**Your objective**
Among the entries that follow, the required portion opens with the line containing "for fields in" and closes with the line containing "let reply = asked(link, step)?;". Give that portion again exactly, and nothing else.

Collected data

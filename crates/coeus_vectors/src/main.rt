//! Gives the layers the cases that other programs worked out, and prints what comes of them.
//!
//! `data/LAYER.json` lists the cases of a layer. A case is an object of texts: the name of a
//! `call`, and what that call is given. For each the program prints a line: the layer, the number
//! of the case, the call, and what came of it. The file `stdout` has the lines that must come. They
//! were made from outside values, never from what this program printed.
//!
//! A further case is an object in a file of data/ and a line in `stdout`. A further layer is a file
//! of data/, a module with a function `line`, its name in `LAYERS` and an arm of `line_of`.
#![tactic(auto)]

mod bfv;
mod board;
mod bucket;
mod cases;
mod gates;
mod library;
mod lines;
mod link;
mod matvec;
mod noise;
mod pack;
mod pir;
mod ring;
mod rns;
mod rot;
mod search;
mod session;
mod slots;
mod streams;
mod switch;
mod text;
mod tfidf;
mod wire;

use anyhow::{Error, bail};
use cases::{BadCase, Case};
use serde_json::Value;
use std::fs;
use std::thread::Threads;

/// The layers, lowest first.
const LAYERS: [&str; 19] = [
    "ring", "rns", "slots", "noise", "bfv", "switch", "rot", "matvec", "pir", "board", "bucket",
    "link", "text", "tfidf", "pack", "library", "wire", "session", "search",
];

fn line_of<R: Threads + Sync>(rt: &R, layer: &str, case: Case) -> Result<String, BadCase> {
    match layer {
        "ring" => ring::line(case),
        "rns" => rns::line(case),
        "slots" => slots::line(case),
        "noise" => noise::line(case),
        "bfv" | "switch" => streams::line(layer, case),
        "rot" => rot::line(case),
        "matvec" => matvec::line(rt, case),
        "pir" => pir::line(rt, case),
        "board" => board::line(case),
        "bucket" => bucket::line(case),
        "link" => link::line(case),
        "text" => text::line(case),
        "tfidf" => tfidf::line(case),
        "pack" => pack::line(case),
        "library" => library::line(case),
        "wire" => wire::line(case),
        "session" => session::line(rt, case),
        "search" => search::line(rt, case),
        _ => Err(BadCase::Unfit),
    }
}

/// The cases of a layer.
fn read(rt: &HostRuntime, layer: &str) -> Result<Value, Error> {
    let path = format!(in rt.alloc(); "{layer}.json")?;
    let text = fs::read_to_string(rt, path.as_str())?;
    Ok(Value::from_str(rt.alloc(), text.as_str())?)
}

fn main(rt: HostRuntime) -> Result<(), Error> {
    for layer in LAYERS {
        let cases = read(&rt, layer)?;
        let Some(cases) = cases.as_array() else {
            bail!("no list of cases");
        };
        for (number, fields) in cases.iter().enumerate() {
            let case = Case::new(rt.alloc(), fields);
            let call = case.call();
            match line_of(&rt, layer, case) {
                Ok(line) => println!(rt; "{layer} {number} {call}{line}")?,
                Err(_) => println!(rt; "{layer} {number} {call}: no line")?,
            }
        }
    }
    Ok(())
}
---
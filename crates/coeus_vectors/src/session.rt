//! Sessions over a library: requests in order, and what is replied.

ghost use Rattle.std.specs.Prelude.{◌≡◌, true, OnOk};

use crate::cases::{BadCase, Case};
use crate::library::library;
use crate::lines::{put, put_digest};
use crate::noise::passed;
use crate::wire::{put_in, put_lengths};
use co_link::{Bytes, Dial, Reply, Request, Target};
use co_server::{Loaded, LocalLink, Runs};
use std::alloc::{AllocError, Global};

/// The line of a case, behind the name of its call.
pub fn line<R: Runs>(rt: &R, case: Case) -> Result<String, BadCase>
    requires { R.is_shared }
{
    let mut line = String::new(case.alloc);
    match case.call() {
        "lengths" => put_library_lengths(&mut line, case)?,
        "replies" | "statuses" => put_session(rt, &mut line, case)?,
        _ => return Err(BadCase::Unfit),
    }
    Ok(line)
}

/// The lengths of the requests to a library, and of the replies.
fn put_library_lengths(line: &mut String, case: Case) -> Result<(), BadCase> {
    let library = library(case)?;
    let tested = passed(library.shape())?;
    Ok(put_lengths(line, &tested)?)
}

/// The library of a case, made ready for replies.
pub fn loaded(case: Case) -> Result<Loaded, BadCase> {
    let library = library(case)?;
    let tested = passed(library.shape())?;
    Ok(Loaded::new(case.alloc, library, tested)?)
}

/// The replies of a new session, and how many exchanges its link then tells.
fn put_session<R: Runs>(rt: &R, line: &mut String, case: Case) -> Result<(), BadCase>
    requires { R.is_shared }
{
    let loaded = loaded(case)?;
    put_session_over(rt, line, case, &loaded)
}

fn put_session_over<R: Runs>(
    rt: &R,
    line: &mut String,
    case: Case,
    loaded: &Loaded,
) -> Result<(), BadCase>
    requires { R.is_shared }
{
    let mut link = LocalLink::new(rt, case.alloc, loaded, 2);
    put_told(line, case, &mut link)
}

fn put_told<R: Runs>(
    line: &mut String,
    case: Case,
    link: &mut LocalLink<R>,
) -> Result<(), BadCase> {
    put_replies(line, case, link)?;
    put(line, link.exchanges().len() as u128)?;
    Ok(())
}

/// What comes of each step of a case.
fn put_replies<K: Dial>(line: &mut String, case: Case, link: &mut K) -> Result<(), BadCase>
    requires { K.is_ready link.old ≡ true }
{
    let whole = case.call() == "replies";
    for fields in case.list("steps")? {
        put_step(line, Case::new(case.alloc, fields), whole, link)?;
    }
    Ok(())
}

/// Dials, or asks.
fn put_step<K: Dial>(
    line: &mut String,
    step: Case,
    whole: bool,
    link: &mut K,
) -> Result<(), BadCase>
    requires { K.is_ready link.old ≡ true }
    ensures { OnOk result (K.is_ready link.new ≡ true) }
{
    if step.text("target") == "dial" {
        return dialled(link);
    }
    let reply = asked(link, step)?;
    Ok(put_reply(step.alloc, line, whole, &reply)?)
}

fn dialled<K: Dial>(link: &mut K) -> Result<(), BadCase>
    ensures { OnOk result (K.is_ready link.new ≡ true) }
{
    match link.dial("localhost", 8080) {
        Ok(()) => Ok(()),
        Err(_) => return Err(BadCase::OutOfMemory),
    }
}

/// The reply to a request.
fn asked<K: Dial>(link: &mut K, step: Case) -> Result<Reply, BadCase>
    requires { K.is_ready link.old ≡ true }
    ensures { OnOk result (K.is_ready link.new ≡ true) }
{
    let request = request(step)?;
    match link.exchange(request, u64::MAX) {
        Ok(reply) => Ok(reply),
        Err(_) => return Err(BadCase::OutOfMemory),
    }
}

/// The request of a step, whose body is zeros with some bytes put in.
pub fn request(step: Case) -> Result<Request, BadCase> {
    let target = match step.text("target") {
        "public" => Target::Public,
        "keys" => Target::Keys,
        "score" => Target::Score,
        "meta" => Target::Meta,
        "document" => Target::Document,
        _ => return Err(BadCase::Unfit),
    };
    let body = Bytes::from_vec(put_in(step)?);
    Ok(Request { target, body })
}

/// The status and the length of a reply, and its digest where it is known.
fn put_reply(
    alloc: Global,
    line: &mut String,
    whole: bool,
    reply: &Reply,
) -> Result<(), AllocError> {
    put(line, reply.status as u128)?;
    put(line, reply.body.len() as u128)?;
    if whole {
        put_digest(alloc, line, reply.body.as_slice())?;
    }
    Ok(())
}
---
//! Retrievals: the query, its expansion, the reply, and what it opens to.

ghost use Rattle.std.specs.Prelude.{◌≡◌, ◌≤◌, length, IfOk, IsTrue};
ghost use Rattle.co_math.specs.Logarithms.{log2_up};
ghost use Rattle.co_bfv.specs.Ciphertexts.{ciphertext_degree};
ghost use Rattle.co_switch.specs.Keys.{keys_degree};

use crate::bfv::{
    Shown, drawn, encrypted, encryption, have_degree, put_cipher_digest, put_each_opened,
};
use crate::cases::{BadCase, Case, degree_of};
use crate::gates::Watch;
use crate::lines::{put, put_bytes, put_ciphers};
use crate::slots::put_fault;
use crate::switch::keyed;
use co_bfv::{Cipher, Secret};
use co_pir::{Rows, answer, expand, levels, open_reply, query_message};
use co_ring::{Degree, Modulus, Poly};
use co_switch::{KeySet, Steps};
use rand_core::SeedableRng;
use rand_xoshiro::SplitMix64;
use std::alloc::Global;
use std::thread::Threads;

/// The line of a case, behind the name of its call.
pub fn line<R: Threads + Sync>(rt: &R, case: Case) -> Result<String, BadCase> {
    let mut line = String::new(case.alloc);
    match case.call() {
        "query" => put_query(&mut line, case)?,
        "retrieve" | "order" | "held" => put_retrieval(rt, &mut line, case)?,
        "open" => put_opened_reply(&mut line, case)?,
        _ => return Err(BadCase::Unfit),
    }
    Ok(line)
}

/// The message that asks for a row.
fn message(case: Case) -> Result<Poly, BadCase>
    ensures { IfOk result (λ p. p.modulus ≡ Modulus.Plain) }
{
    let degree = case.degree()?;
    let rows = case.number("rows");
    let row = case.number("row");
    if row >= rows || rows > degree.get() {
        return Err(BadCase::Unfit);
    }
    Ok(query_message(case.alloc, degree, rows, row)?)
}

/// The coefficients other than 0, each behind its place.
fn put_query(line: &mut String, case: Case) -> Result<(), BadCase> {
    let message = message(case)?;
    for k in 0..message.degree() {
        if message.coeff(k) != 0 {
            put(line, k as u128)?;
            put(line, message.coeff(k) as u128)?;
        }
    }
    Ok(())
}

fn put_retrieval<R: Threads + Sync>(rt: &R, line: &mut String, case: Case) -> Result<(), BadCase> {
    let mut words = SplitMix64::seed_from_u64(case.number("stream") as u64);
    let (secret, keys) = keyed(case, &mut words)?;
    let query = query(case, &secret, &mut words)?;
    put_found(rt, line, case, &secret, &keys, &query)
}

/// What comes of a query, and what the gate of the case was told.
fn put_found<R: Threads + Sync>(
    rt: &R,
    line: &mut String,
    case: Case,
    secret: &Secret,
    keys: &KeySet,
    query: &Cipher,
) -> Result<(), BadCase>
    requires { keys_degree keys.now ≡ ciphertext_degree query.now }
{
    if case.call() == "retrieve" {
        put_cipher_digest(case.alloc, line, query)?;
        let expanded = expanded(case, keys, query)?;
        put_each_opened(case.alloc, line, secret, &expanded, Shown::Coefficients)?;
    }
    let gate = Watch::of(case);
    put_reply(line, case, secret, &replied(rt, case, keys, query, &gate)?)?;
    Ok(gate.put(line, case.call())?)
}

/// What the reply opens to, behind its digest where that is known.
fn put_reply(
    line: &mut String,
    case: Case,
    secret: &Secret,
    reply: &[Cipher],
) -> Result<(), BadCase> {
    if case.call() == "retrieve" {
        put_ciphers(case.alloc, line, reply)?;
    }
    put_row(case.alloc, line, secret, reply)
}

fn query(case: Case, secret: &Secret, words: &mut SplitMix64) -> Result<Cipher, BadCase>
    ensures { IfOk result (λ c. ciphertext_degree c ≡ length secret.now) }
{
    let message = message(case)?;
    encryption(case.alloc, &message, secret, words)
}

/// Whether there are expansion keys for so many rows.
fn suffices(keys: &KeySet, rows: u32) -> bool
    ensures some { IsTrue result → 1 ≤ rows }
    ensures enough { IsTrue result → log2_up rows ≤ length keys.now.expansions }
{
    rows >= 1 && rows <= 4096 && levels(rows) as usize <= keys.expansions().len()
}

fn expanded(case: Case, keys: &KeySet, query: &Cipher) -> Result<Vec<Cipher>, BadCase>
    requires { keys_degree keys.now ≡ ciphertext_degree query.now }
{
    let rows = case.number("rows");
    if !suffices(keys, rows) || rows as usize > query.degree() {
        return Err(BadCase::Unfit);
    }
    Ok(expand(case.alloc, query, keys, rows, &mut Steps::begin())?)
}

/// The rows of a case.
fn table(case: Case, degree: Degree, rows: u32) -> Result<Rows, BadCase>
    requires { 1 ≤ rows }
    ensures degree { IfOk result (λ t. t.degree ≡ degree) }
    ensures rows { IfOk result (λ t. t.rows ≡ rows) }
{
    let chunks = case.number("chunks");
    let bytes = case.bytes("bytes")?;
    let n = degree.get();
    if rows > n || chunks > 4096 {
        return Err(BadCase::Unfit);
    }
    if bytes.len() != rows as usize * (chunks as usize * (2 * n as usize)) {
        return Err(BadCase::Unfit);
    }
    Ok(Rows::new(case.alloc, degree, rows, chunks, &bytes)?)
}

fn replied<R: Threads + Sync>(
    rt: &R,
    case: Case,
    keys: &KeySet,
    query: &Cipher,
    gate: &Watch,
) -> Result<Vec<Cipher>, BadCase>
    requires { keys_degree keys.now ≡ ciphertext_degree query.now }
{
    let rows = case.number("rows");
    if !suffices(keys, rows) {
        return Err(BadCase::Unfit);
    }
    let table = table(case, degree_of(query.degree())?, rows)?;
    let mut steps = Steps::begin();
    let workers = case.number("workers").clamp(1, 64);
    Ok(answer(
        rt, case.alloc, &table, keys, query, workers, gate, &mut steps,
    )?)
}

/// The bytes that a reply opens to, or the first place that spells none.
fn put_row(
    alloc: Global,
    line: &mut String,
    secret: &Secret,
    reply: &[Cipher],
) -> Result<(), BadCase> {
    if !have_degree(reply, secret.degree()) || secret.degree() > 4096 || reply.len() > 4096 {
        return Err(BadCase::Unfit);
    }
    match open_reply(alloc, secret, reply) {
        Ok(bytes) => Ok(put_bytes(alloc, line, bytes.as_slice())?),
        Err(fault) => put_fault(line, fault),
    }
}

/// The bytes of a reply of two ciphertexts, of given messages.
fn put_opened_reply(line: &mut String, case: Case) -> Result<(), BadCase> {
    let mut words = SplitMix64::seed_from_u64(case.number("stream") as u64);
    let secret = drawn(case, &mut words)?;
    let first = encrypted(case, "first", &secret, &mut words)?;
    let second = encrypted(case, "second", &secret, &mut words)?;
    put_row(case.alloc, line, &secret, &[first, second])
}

**Task solution**
    for fields in case.list("steps")? {
        put_step(line, Case::new(case.alloc, fields), whole, link)?;
    }
    Ok(())
}

/// Dials, or asks.
fn put_step<K: Dial>(
    line: &mut String,
    step: Case,
    whole: bool,
    link: &mut K,
) -> Result<(), BadCase>
    requires { K.is_ready link.old ≡ true }
    ensures { OnOk result (K.is_ready link.new ≡ true) }
{
    if step.text("target") == "dial" {
        return dialled(link);
    }
    let reply = asked(link, step)?;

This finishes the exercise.